Le vol est prévu pour mai et le Centre spatial universitaire s’attend à une année très réussie.

24° dans l’air, humidité 25% : dans la salle blanche du Centre Spatial Universitaire, le moindre paramètre est surveillé, pour protéger les précieux petits cubes recouverts d’électronique manipulés par Amaury Laurand et Benoît Heintz. Les ingénieurs, ce jeudi de janvier, ont sorti de leur sarcophage les deux prochains voyageurs spatiaux montpelliérains pour vérifier le bon fonctionnement de chaque module de communication. Le décollage approche.

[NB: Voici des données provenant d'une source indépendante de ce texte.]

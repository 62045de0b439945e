//! The stages of a history within the large limits.
use crate::TimedStage;
use crate::surveying::contradicted;
use std::alloc::Global;
use std::io::Read;
use tcc_graph::{LargeGraph, Level, Link};
use tcc_large::{Decision, LargeAnswer, decide, explain_large};
use tcc_order::order;
use tcc_reads::resolve_large;
use tcc_rows::large_snapshot_of;
use tcc_slices::slice;
use tcc_txn::LargeSnapshot;

/// How many transactions are resolved.
fn resolved(alloc: Global, snapshot: &LargeSnapshot) -> Option<u32> {
    let resolved = resolve_large(alloc, snapshot).ok()?;
    u32::try_from(resolved.places().len()).ok()
}

/// The graph of a snapshot.
fn graph_of(alloc: Global, snapshot: &LargeSnapshot) -> Option<LargeGraph> {
    let resolved = resolve_large(alloc, snapshot).ok()?;
    LargeGraph::build(alloc, resolved).ok()
}

/// How many transactions are ordered, 0 where there is a cycle.
fn ordered(alloc: Global, graph: &LargeGraph, level: Level) -> Option<u32> {
    let ordered = order(alloc, graph, level).ok()?;
    u32::try_from(ordered.map_or(0, |numbers| numbers.len())).ok()
}

/// How many steps links have.
fn steps(links: &[Link]) -> u32 {
    let mut steps = 0u32;
    for link in links {
        steps = steps.saturating_add(1);
        if let Link::Derived { walk, .. } = link {
            steps = steps.saturating_add(walk.as_slice().len().min(1 << 20) as u32);
        }
    }
    steps
}

/// How many steps the cycle that is found has, 0 where there is none; or how many sessions its slice has.
fn decided(
    alloc: Global,
    snapshot: &LargeSnapshot,
    level: Level,
    stage: TimedStage,
) -> Option<u32> {
    let graph = graph_of(alloc, snapshot)?;
    let (decision, _order) = decide(alloc, &graph, level).ok()?;
    let Some(links) = decision.links() else {
        return Some(0);
    };
    if stage == TimedStage::LargeSlice {
        let found = slice(alloc, snapshot, &graph, level, links).ok()?;
        return Some(found.map_or(0, |slice| slice.sessions()));
    }
    Some(steps(links))
}

/// Goes as far as asked, and returns how many sessions, transactions or steps there are at the end.
pub fn run_large<R: Read + Drop>(
    alloc: Global,
    reader: R,
    level: Level,
    stage: TimedStage,
) -> Option<u32> {
    let snapshot = large_snapshot_of(alloc, reader).ok()?;
    match stage {
        TimedStage::LargeSnapshot => Some(snapshot.sessions()),
        TimedStage::LargeResolve => resolved(alloc, &snapshot),
        TimedStage::LargeGraph => Some(graph_of(alloc, &snapshot)?.count()),
        TimedStage::LargeOrder => ordered(alloc, &graph_of(alloc, &snapshot)?, level),
        TimedStage::LargeSurvey => contradicted(alloc, &graph_of(alloc, &snapshot)?, level),
        _ => decided(alloc, &snapshot, level, stage),
    }
}

/// The word `order` and the numbers of an order.
fn numbers(alloc: Global, order: &[u32]) -> Option<String> {
    let mut text = format!(in alloc; "order").ok()?;
    for number in order {
        text.push_str(&format!(in alloc; " {number}").ok()?).ok()?;
    }
    Some(text)
}

/// What is decided of a history within the large limits. That is the numbers of its first commit order, or the word
/// `least`, or `cycle` where that isn't known, and how many steps the cycle has.
pub fn large_answer<R: Read + Drop>(alloc: Global, reader: R, level: Level) -> Option<String> {
    let snapshot = large_snapshot_of(alloc, reader).ok()?;
    let (answer, _order) = explain_large(alloc, &snapshot, level).ok()?;
    let LargeAnswer { decision, .. } = answer;
    match decision {
        Decision::Order(order) => numbers(alloc, &order),
        Decision::Least(links) => {
            let steps = steps(&links);
            format!(in alloc; "least {steps}").ok()
        }
        Decision::Cycle(links) => {
            let steps = steps(&links);
            format!(in alloc; "cycle {steps}").ok()
        }
    }
}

Dix ans après la mise en orbite de son premier nanosatelet, vingt après l’intuition de son directeur, Laurent Dusseau, que « Des articles pas chers et faciles à porter » dont le succès est assuré, le Centre Spatial Universitaire de Montpellier (CSUM) s’apprête à vivre une année inédite.

Premier coup de Vega C

« Si ça marche, on devrait avoir quatre ou cinq lancements »glisse le professeur Hérault, que le Covid-19 est aussi « manque de composants de base, ce que nous utilisons dans les travaux pratiques avec nos étudiants », soyez prudent et patient. Trois ans de plus aucun cube de ces labos n’a pris « l’air », mais cette fois nous y sommes.

Sur la rampe de lancement de Kourou, à la mi-mai, ce sera Vega C, la nouvelle fusée de l’Agence spatiale européenne, fabriquée par Avio Italie, opérée par Arianespace, qui fera le vol de qualité. D’abord, puis. Et tout en haut, à côté du « gros » satellite, MTcube-2 et Celesta, des petits « mecs » carrés de 10 cm.

Deux vies en moins

« Nous les livrerons mi-avril, intégrés en déploiement, tube carré équipé de ressort et de porte. Nous les installons et lorsque le satellite principal est relâché, la porte s’ouvre et le ressort les expulse. » La maîtrise de ces aspects est une compétence supplémentaire et une source de revenus pour le CSUM. Dans ce cas, MTcube-2 et Celesta seront lâchés à 6 000 km de la Terre, soit dix fois la hauteur normale des nanosites et dans une zone « létale » où le « Le rayonnement est intense et quand personne n’y va »précisément la raison de ce choix.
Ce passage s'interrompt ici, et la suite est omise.